(Saved entries)

▼

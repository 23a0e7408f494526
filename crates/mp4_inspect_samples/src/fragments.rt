//! The fragments of tracks.

ghost use Rattle.std.specs.Prelude.{◌≡◌, ℕ, ◌==◌, ◌-◌, ◌^◌, [], ◌∷◌, ◌++◌, min, IfOk, IfSome, List, OnOk};
ghost use Rattle.std.specs.Prelude.{Err, None, Ok, Result, Some};
ghost use Rattle.std.specs.Prelude.{if◌then◌else◌};
ghost use Rattle.mp4_frame.specs.FourCC.{four_cc_of};
ghost use Rattle.mp4_frame.specs.Reading.{Fault as BoxFault};
ghost use Rattle.mp4_frame.specs.declared.codes.TheConstants as names;
ghost use Rattle.mp4_movie.specs.Levels.{all_in, first_in};
ghost use Rattle.mp4_movie.specs.Reads.{IsReadAs};
ghost use Rattle.mp4_tables.specs.declared.tfhd.TfhdBox.{TfhdBox};
ghost use Rattle.mp4_tables.specs.declared.trun.TrunBox.{TrunBox};
ghost use Rattle.mp4_walk.specs.declared.tree_box.TreeBox.{TreeBox};
ghost use Rattle.mp4_inspect_samples.specs.Trafs.{AreStored, Enters, added, count_in, counted, header_faults};
ghost use Rattle.mp4_inspect_samples.specs.Trafs.{header_id, id_in, id_of_traf, list_of, samples_without, stored_for};
ghost use Rattle.mp4_inspect_samples.specs.Trafs.{stored_of, traf_at, trafs_in, trafs_of, trafs_of_moofs};
ghost use Rattle.mp4_inspect_samples.specs.Trafs.{unknown_fault};

use crate::fault::{Fault, TrackFault};
use crate::limit::samples_in;
use crate::lists::keep;
use mp4_frame::codes::{MOOF, TFHD, TRAF, TRUN};
use mp4_io::{Failure, or_read};
use mp4_movie::{BoxError, MoofFragments, TrackFragment, first_in, read_at};
use mp4_tables::{TfhdBox, TrunBox};
use mp4_walk::{BoxWalk, Source, TreeBox};
use std::alloc::{AllocError, Global};
use std::collections::BTreeMap;

/// A `traf` of a track.
#[derive(Drop)]
pub struct TrackTraf {
    /// The number of samples that its runs count, or 0 if a box in it has a fault.
    pub samples: u64,
    /// The fragment, or why the `traf` is none.
    pub fragment: Result<TrackFragment, BoxError>,
}

/// The fragments of a movie, in the order of the file.
#[derive(Drop)]
pub struct Fragments {
    /// The fragments of each track_ID that a `traf` has.
    pub by_track: BTreeMap<u32, Vec<TrackTraf>>,
}

impl Fragments {
    /// Returns no fragments.
    pub fn new(alloc: Global) -> Fragments
        ensures { (q : ℕ) → stored_for result q ≡ None }
    {
        Fragments {
            by_track: BTreeMap::new(alloc),
        }
    }

    /// Removes the fragments of the track_ID `track`, and returns them.
    pub fn take(&mut self, alloc: Global, track: u32) -> Vec<TrackTraf>
        ensures taken { result.items ≡ list_of (stored_for self.old track) }
        ensures left { (q : ℕ) → stored_for self.new q ≡ if track == q then None else stored_for self.old q }
    {
        match self.by_track.remove(&track) {
            Some(trafs) => trafs,
            None => Vec::new(alloc),
        }
    }

    /// Adds `traf` to those of the track_ID `track`.
    fn add(&mut self, alloc: Global, track: u32, traf: TrackTraf) -> Result<(), AllocError>
        ensures { OnOk result ((q : ℕ) → stored_for self.new q
            ≡ added (stored_for self.old q) (if track == q then traf ∷ [] else [])) }
    {
        let mut trafs = self.take(alloc, track);
        keep(&mut trafs, traf)?;
        self.by_track.insert(track, trafs)?;
        Ok(())
    }
}

/// A `traf` whose header and runs are read.
#[derive(Drop)]
struct FoundTraf {
    /// The track_ID, if it is known.
    track: Option<u32>,
    /// The stored `traf`.
    traf: TrackTraf,
}

/// Returns the track_ID in `read`, a header, if it can be read.
fn id_in(read: mp4_frame::Result<TfhdBox>) -> Option<u32>
    ensures { (r : Result TfhdBox BoxFault) → IsReadAs read r → result ≡ id_in r }
{
    match read {
        Ok(header) => Some(header.track_id),
        Err(_) => None,
    }
}

/// Returns the number of samples in `read`, a run, or 0 if it has a fault.
fn count_in(read: mp4_frame::Result<TrunBox>) -> u64
    ensures { (r : Result TrunBox BoxFault) → IsReadAs read r → result ≡ count_in r }
{
    match read {
        Ok(run) => u64::from(run.sample_count),
        Err(_) => 0,
    }
}

/// Returns the track_ID in the header of a `traf`, if it can be read. `traf` begins with the boxes inside it.
fn header_id<S: Source>(
    alloc: Global,
    walk: &mut BoxWalk<S>,
    traf: &[TreeBox],
) -> Result<Option<u32>, Failure>
    ensures value { IfSome walk.old.bytes
        (λ file. IfOk result (λ id. id ≡ header_id file (first_in 2 (four_cc_of names.TFHD) traf.now))) }
    ensures kept { walk.new ≡ walk.old }
{
    let Some(place) = first_in(traf, 2, TFHD) else {
        return Ok(None);
    };
    let read = or_read(read_at::<TfhdBox, S>(alloc, walk, &place.found))?;
    Ok(id_in(read))
}

/// Returns the number of samples that the runs of a `traf` count, or 2^64 - 1 if they count more. A run with a fault
/// counts none. `traf` begins with the boxes inside it.
fn counted<S: Source>(
    alloc: Global,
    walk: &mut BoxWalk<S>,
    traf: &[TreeBox],
) -> Result<u64, Failure>
    ensures value { IfSome walk.old.bytes
        (λ file. IfOk result
        (λ n. n ≡ min (counted file (all_in 2 (four_cc_of names.TRUN) traf.now)) (2 ^ 64 - 1))) }
    ensures kept { walk.new ≡ walk.old }
{
    let mut samples = 0u64;
    let mut rest = traf;
    'runs: while let Some(place) = first_in(rest, 2, TRUN) {
        let read = or_read(read_at::<TrunBox, S>(alloc, walk, &place.found))?;
        samples = samples.saturating_add(count_in(read));
        rest = place.after;
    }
    Ok(samples)
}

/// Returns the number of samples of a `traf` that is no fragment, because of `error`: 0 if that is a fault of a box in
/// the `traf`.
fn samples_without<S: Source>(
    alloc: Global,
    walk: &mut BoxWalk<S>,
    traf: &[TreeBox],
    error: &BoxError,
) -> Result<u64, Failure>
    ensures value { IfSome walk.old.bytes
        (λ file. IfOk result (λ n. n ≡ samples_without file traf.now error.now)) }
    ensures kept { walk.new ≡ walk.old }
{
    match error {
        BoxError::Fault { .. } => Ok(0),
        _ => counted(alloc, walk, traf),
    }
}

/// Returns what is stored of a `traf` that is no fragment, because of `error`.
fn find_error<S: Source>(
    alloc: Global,
    walk: &mut BoxWalk<S>,
    traf: &[TreeBox],
    error: BoxError,
) -> Result<FoundTraf, Failure>
    ensures track { IfSome walk.old.bytes
        (λ file. IfOk result (λ found. found.track ≡ id_of_traf file traf.now (Err error))) }
    ensures stored { IfSome walk.old.bytes
        (λ file. IfOk result (λ found. found.traf ≡ stored_of file traf.now (Err error))) }
    ensures kept { walk.new ≡ walk.old }
{
    let track = header_id(alloc, walk, traf)?;
    let samples = samples_without(alloc, walk, traf, &error)?;
    Ok(FoundTraf {
        track,
        traf: TrackTraf {
            samples,
            fragment: Err(error),
        },
    })
}

/// Returns what is stored of a `traf` that is `fragment`.
fn find_fragment(fragment: TrackFragment) -> FoundTraf
    ensures track { (file : List ℕ) (traf : List TreeBox) → result.track ≡ id_of_traf file traf (Ok fragment) }
    ensures stored { (file : List ℕ) (traf : List TreeBox) → result.traf ≡ stored_of file traf (Ok fragment) }
{
    FoundTraf {
        track: Some(fragment.header.track_id),
        traf: TrackTraf {
            samples: samples_in(&fragment.runs),
            fragment: Ok(fragment),
        },
    }
}

/// Returns what is stored of a `traf`, by the answer of the movie for it. `traf` begins with the boxes inside it.
fn find_traf<S: Source>(
    alloc: Global,
    walk: &mut BoxWalk<S>,
    traf: &[TreeBox],
    answer: Result<TrackFragment, BoxError>,
) -> Result<FoundTraf, Failure>
    ensures track { IfSome walk.old.bytes
        (λ file. IfOk result (λ found. found.track ≡ id_of_traf file traf.now answer)) }
    ensures stored { IfSome walk.old.bytes
        (λ file. IfOk result (λ found. found.traf ≡ stored_of file traf.now answer)) }
    ensures kept { walk.new ≡ walk.old }
{
    match answer {
        Ok(fragment) => Ok(find_fragment(fragment)),
        Err(error) => find_error(alloc, walk, traf, error),
    }
}

/// Stores the fault of a `traf` without a track_ID.
fn keep_unknown(
    moof: u64,
    fragment: Result<TrackFragment, BoxError>,
    faults: &mut Vec<TrackFault>,
) -> Result<(), AllocError>
    ensures { OnOk result (faults.new.items ≡ faults.old.items ++ unknown_fault moof None fragment) }
{
    match fragment {
        Ok(_) => Ok(()),
        Err(error) => keep(
            faults,
            TrackFault {
                track: None,
                fault: Fault::Header(moof, error),
            },
        ),
    }
}

/// Adds a `traf` to those of its track, or stores its fault if its track is unknown.
fn enter_found(
    alloc: Global,
    moof: u64,
    found: FoundTraf,
    fragments: &mut Fragments,
    faults: &mut Vec<TrackFault>,
) -> Result<(), AllocError>
    ensures { OnOk result (Enters
        (record { moof = moof; id = found.track; stored = found.traf } ∷ []) fragments.old fragments.new
        faults.old.items faults.new.items) }
{
    let FoundTraf { track, traf } = found;
    match track {
        Some(track) => fragments.add(alloc, track, traf),
        None => keep_unknown(moof, traf.fragment, faults),
    }
}

/// Adds a `traf` to those of its track, by the answer of the movie for it. `traf` begins with the boxes inside it.
fn enter_traf<S: Source>(
    alloc: Global,
    walk: &mut BoxWalk<S>,
    traf: &[TreeBox],
    moof: u64,
    answer: Result<TrackFragment, BoxError>,
    fragments: &mut Fragments,
    faults: &mut Vec<TrackFault>,
) -> Result<(), Failure>
    ensures value { IfSome walk.old.bytes
        (λ file. OnOk result (Enters (traf_at file moof traf.now answer ∷ []) fragments.old fragments.new
        faults.old.items faults.new.items)) }
    ensures kept { walk.new ≡ walk.old }
{
    let found = find_traf(alloc, walk, traf, answer)?;
    enter_found(alloc, moof, found, fragments, faults)?;
    Ok(())
}

/// Adds the `traf`s of the `moof` at position `moof` to those of their tracks, by the answers of the movie for them.
/// `boxes` begins with the boxes inside it.
fn enter_moof<S: Source>(
    alloc: Global,
    walk: &mut BoxWalk<S>,
    boxes: &[TreeBox],
    moof: u64,
    answers: Vec<Result<TrackFragment, BoxError>>,
    fragments: &mut Fragments,
    faults: &mut Vec<TrackFault>,
) -> Result<(), Failure>
    ensures value { IfSome walk.old.bytes
        (λ file. OnOk result (Enters
        (trafs_in file moof (all_in 1 (four_cc_of names.TRAF) boxes.now) answers.items) fragments.old fragments.new
        faults.old.items faults.new.items)) }
    ensures kept { walk.new ≡ walk.old }
{
    let mut rest = boxes;
    for answer in answers {
        let Some(place) = first_in(rest, 1, TRAF) else {
            return Ok(());
        };
        enter_traf(alloc, walk, place.after, moof, answer, fragments, faults)?;
        rest = place.after;
    }
    Ok(())
}

/// Adds the `traf`s of each `moof` in `boxes` to those of their tracks, by the answers of the movie for them.
fn enter_moofs<S: Source>(
    alloc: Global,
    walk: &mut BoxWalk<S>,
    boxes: &[TreeBox],
    moofs: Vec<MoofFragments>,
    fragments: &mut Fragments,
    faults: &mut Vec<TrackFault>,
) -> Result<(), Failure>
    ensures value { IfSome walk.old.bytes
        (λ file. OnOk result (Enters
        (trafs_of_moofs file (all_in 0 (four_cc_of names.MOOF) boxes.now) moofs.items) fragments.old fragments.new
        faults.old.items faults.new.items)) }
    ensures kept { walk.new ≡ walk.old }
{
    let mut rest = boxes;
    for moof in moofs {
        let Some(place) = first_in(rest, 0, MOOF) else {
            return Ok(());
        };
        let MoofFragments {
            position,
            fragments: answers,
        } = moof;
        enter_moof(
            alloc,
            walk,
            place.after,
            position,
            answers,
            fragments,
            faults,
        )?;
        rest = place.after;
    }
    Ok(())
}

/// Returns the fragments of a file with the boxes `boxes` by track_ID, by the answers of the movie for them. Stores a
/// fault for each `traf` whose track is unknown.
pub fn fragments_of<S: Source>(
    alloc: Global,
    walk: &mut BoxWalk<S>,
    boxes: &[TreeBox],
    moofs: Vec<MoofFragments>,
    faults: &mut Vec<TrackFault>,
) -> Result<Fragments, Failure>
    ensures stored { IfSome walk.old.bytes
        (λ file. IfOk result (AreStored (trafs_of file boxes.now moofs.items))) }
    ensures told { IfSome walk.old.bytes
        (λ file. OnOk result
        (faults.new.items ≡ faults.old.items ++ header_faults (trafs_of file boxes.now moofs.items))) }
    ensures kept { walk.new ≡ walk.old }
{
    let mut fragments = Fragments::new(alloc);
    enter_moofs(alloc, walk, boxes, moofs, &mut fragments, faults)?;
    Ok(fragments)
}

▲

## What you have to do
For every line above that includes the string "them", copy the line.

## Answer for this exercise
    /// Removes the fragments of the track_ID `track`, and returns them.
/// Adds the `traf`s of the `moof` at position `moof` to those of their tracks, by the answers of the movie for them.
/// Adds the `traf`s of each `moof` in `boxes` to those of their tracks, by the answers of the movie for them.
/// Returns the fragments of a file with the boxes `boxes` by track_ID, by the answers of the movie for them. Stores a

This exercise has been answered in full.